(TASK REQUIREMENTS) In the records below, find the lines that include "struct" and copy each.

(DATA FOR ANALYSIS)
☆ ☆ ☆
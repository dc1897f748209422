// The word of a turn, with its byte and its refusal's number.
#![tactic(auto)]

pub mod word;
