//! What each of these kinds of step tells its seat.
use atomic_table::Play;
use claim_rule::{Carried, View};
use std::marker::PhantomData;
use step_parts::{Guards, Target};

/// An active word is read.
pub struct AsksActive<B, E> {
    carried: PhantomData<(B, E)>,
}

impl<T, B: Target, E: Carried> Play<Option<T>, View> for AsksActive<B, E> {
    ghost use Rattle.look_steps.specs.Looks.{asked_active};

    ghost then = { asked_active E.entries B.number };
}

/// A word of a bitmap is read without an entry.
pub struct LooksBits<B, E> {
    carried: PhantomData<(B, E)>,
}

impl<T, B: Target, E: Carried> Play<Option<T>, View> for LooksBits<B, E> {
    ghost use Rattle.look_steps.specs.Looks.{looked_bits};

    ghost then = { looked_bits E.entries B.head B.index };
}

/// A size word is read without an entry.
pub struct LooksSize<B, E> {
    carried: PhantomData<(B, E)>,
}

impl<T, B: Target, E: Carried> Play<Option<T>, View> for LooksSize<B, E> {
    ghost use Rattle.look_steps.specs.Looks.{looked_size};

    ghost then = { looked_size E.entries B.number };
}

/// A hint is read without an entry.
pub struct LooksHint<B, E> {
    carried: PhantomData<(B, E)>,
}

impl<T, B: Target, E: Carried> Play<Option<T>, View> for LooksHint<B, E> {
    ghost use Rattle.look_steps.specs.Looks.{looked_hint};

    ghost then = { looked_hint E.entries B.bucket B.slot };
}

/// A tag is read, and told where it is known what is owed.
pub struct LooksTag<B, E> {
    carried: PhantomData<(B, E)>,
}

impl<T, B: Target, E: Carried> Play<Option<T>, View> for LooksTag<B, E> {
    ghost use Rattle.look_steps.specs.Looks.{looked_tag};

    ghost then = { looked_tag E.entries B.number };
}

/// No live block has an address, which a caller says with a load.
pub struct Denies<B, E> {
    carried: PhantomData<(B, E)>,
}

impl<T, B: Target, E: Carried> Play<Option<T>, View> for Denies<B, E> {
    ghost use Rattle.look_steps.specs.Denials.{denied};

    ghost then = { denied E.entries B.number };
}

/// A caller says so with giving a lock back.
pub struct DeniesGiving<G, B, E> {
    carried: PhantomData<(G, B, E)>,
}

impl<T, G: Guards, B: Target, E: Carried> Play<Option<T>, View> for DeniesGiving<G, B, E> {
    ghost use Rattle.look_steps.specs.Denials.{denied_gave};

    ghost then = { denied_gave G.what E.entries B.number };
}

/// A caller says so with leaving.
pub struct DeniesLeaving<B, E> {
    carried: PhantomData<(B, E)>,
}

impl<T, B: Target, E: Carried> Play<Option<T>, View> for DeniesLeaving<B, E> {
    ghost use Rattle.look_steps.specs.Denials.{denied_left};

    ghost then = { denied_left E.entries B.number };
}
☆ ☆ ☆
(EXERCISE SOLUTION)
pub struct AsksActive<B, E> {
pub struct LooksBits<B, E> {
pub struct LooksSize<B, E> {
pub struct LooksHint<B, E> {
pub struct LooksTag<B, E> {
pub struct Denies<B, E> {
pub struct DeniesGiving<G, B, E> {
pub struct DeniesLeaving<B, E> {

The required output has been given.